▸ **What you have to do**
Look through the records below, and whenever a line contains "often", copy it.

▸ **Dataset**
[Start of section]

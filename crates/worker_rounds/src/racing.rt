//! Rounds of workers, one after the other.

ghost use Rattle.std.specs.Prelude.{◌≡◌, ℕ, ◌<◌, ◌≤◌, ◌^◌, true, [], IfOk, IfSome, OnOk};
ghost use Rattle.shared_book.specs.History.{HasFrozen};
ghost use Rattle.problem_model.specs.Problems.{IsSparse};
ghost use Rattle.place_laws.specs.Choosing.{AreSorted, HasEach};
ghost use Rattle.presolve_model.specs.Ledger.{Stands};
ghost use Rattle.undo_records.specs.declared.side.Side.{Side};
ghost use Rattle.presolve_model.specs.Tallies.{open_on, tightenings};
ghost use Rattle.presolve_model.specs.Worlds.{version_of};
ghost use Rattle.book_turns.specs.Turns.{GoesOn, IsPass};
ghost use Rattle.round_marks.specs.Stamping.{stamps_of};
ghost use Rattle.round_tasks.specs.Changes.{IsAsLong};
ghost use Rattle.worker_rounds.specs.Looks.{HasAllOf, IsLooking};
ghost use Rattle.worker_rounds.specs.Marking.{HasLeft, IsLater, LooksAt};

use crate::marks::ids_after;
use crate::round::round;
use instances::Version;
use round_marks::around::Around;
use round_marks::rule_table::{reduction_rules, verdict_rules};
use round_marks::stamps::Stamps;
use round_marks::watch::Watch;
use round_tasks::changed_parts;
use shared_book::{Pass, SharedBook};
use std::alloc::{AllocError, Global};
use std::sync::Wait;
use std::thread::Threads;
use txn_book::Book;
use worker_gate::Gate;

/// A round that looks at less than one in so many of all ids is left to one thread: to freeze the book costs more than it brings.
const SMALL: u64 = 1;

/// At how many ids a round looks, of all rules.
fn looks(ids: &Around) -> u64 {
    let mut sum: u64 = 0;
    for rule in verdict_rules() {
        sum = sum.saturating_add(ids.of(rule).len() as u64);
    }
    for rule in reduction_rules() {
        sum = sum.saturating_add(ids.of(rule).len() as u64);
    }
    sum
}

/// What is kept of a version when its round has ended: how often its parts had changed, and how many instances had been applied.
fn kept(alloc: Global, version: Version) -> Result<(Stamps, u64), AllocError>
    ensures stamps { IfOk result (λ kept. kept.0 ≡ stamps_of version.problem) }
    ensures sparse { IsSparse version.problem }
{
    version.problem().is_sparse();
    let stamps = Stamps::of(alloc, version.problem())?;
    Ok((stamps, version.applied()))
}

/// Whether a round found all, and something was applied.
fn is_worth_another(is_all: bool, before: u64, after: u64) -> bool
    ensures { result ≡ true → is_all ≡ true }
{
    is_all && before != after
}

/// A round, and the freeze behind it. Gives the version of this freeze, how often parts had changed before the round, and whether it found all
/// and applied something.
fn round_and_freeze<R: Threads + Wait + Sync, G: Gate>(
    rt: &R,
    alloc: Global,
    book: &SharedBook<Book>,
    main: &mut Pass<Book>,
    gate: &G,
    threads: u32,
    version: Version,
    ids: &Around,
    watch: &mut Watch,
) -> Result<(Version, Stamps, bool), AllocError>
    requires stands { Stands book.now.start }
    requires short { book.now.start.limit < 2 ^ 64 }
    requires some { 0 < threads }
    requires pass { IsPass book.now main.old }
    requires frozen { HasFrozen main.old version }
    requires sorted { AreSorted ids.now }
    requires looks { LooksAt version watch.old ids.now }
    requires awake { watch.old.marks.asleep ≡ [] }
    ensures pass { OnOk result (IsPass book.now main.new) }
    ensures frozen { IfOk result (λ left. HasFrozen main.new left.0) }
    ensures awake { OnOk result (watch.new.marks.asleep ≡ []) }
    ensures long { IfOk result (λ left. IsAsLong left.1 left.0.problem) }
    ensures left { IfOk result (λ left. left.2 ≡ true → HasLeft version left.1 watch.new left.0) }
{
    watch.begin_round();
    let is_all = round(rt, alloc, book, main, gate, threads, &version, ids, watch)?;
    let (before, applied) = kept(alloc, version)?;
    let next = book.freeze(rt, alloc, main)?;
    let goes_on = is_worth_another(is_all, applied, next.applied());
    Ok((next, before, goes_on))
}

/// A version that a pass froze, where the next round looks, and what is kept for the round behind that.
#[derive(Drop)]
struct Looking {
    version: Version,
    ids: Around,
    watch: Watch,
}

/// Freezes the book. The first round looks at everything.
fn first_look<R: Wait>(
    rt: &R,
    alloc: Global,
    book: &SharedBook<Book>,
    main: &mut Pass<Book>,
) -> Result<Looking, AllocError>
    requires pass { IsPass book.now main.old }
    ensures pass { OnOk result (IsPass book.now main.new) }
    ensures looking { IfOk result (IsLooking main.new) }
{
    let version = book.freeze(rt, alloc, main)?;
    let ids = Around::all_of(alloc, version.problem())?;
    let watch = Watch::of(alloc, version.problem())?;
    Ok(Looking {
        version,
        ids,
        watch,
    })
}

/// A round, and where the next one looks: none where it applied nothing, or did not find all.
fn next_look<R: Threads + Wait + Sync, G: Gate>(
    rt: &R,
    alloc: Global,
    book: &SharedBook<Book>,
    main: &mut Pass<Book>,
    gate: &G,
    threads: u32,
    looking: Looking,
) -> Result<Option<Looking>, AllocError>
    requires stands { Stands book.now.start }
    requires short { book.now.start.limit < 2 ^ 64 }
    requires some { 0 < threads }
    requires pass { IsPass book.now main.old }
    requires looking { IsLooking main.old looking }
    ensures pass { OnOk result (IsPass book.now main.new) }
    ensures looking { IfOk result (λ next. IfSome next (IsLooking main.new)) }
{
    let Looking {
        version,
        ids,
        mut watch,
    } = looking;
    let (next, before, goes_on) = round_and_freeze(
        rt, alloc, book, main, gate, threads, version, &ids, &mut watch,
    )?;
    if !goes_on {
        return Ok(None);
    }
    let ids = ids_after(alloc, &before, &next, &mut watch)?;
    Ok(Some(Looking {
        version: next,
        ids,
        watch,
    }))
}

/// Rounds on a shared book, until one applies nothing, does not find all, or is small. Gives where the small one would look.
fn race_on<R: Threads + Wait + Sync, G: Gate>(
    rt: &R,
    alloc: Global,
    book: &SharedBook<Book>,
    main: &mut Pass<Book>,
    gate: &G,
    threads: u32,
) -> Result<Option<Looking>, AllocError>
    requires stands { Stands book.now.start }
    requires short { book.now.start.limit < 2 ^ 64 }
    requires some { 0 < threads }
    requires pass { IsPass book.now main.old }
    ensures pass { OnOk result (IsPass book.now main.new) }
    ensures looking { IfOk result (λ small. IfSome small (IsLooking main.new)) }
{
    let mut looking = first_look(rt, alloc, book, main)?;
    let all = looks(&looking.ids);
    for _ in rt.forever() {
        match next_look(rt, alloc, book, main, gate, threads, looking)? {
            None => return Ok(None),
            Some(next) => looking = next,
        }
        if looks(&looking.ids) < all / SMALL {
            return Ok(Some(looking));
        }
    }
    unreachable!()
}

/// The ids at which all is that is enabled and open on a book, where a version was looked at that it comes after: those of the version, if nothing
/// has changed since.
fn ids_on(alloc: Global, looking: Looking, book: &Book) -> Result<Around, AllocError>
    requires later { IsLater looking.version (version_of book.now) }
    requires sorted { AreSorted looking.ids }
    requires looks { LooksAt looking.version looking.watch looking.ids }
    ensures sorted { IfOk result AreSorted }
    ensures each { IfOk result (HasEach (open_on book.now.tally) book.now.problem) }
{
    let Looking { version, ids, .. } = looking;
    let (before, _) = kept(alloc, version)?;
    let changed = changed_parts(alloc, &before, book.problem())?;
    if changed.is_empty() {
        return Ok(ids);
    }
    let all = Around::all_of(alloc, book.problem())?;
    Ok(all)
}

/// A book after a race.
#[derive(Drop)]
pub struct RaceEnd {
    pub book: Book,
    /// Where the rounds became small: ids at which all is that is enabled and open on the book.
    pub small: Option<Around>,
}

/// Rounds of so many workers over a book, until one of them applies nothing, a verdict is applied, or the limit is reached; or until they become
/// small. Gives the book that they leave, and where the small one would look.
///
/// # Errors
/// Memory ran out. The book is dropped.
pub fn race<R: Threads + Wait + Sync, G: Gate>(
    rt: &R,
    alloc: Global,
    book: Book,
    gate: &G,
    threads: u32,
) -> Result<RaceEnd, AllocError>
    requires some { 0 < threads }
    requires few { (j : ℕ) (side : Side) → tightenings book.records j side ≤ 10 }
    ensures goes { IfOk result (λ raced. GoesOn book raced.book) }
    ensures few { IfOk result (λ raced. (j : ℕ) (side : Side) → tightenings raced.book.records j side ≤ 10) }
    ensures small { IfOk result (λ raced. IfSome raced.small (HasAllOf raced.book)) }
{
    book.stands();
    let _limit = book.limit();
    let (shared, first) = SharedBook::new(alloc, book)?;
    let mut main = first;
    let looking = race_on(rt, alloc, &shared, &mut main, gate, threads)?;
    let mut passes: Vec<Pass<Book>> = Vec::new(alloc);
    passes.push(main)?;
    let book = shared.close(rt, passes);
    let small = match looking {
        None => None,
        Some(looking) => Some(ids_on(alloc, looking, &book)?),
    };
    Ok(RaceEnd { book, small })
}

[End of section]

▸ **Exercise response**
/// What is kept of a version when its round has ended: how often its parts had changed, and how many instances had been applied.
/// A round, and the freeze behind it. Gives the version of this freeze, how often parts had changed before the round, and whether it found all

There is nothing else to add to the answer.